Como cristãos, precisamos compreender, à luz das Escrituras, o que é a verdadeira moralidade. A Bíblia nos ensina que a moral genuína é fruto de um coração transformado por Deus — um coração nascido de novo. O salmista Davi expressa esse clamor em Salmos 51:10: “Cria em mim, ó Deus, um coração puro e renova em mim um espírito reto.” O apóstolo Paulo também nos orienta sobre essa transformação interior em Romanos 12:2: “E não vos conformeis com este mundo, mas transformai-vos pela renovação da vossa mente, para que experimenteis qual seja a boa, agradável e perfeita vontade de Deus.” Essa moralidade, que vem de Deus, traz paz ao coração e às emoções. Ela não nasce apenas do esforço humano, mas de uma nova natureza espiritual, gerada em Cristo. Deus é a Fonte da Verdadeira Moral Desde o princípio, fomos criados à imagem e semelhança de Deus (Gênesis 1:26), e essa imagem é essencialmente moral e relacional. Deus é a fonte do bem, da justiça, do amor e da compaixão. A Bíblia descreve o amor de Deus como sendo mais profundo que o amor de uma mãe, conforme Isaías 49:15: “Pode uma mulher esquecer-se tanto do filho que cria, que não se compadeça dele, do filho do seu ventre?
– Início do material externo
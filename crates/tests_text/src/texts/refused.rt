//! A reader whose growths are refused.

use crate::checks::holds_at;
use crate::texts::HEADER;
use line_model::fault::Fault;
use line_model::row::Row;
use std::alloc::{Allocator, Global};
use std::process::Abort;
use std::test::Fail;
use tests_devices::scarce::{Scarce, refuse_each};
use trace_text::lines::Lines;

/// Reads a trace text whose chunks end in the midst of lines.
fn feed<A: Allocator + Copy>(lines: &mut Lines<A>, rows: &mut Vec<Row<A>, A>) -> Result<(), Fault> {
    lines.feed(HEADER, rows)?;
    lines.feed(b"1 T 10010B0000\n2 N 1001", rows)?;
    lines.feed(b"0F\n3 T 100100", rows)?;
    lines.feed(b"AABBCC\n# the end\n", rows)
}

/// Refuses the growths of a reader from one on: it is out of memory from then on. Returns whether there was such a
/// growth.
fn check_growth(rt: &impl Abort, heap: &Scarce<Global>, good: u64) -> bool {
    let mut lines = Lines::new(heap);
    let mut rows = Vec::new(heap);
    heap.refuse_from(good);
    let answer = feed(&mut lines, &mut rows);
    let refused = heap.was_refused();
    let count = rows.len();
    let further = lines.feed(b"4 T -\n", &mut rows).err();
    let end = lines.end(&mut rows).err();
    let right = match refused {
        true => answer.err() == Some(Fault::Memory) && further == end && end == answer.err(),
        false => answer.is_ok() && count == 3,
    };
    holds_at(rt, right, good);
    refused
}

#[test]
fn a_reader_out_of_memory_stays_so(rt: HostRuntime) -> Result<(), Fail> {
    let heap = Scarce::new(rt.alloc());
    refuse_each(&heap, |good| Ok(check_growth(&rt, &heap, good)))
}
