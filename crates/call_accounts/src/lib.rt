//! Calls, what each address pays for, and the greatest number of calls at once, from events and records of calls.
#![tactic(auto)]

pub mod account;
pub mod call;
mod counts;
mod pad_table;
pub mod peak;
pub mod so_far;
Mas ainda que esta se esquecesse, eu, todavia, não me esquecerei de ti.” Uma Imagem Distorcida de Deus Infelizmente, muitas pessoas constroem uma imagem errada de Deus — como se Ele fosse mal, cruel e rígido, sempre pronto a punir e exigir milhares de intercessores para não destruir o ser humano. Essa não é a interpretação bíblica correta. Deus é, sim, justo e santo, mas também é cheio de graça, misericórdia e longanimidade. O próprio Cristo é o maior exemplo de que Deus quer se aproximar do ser humano, e não afastá-lo.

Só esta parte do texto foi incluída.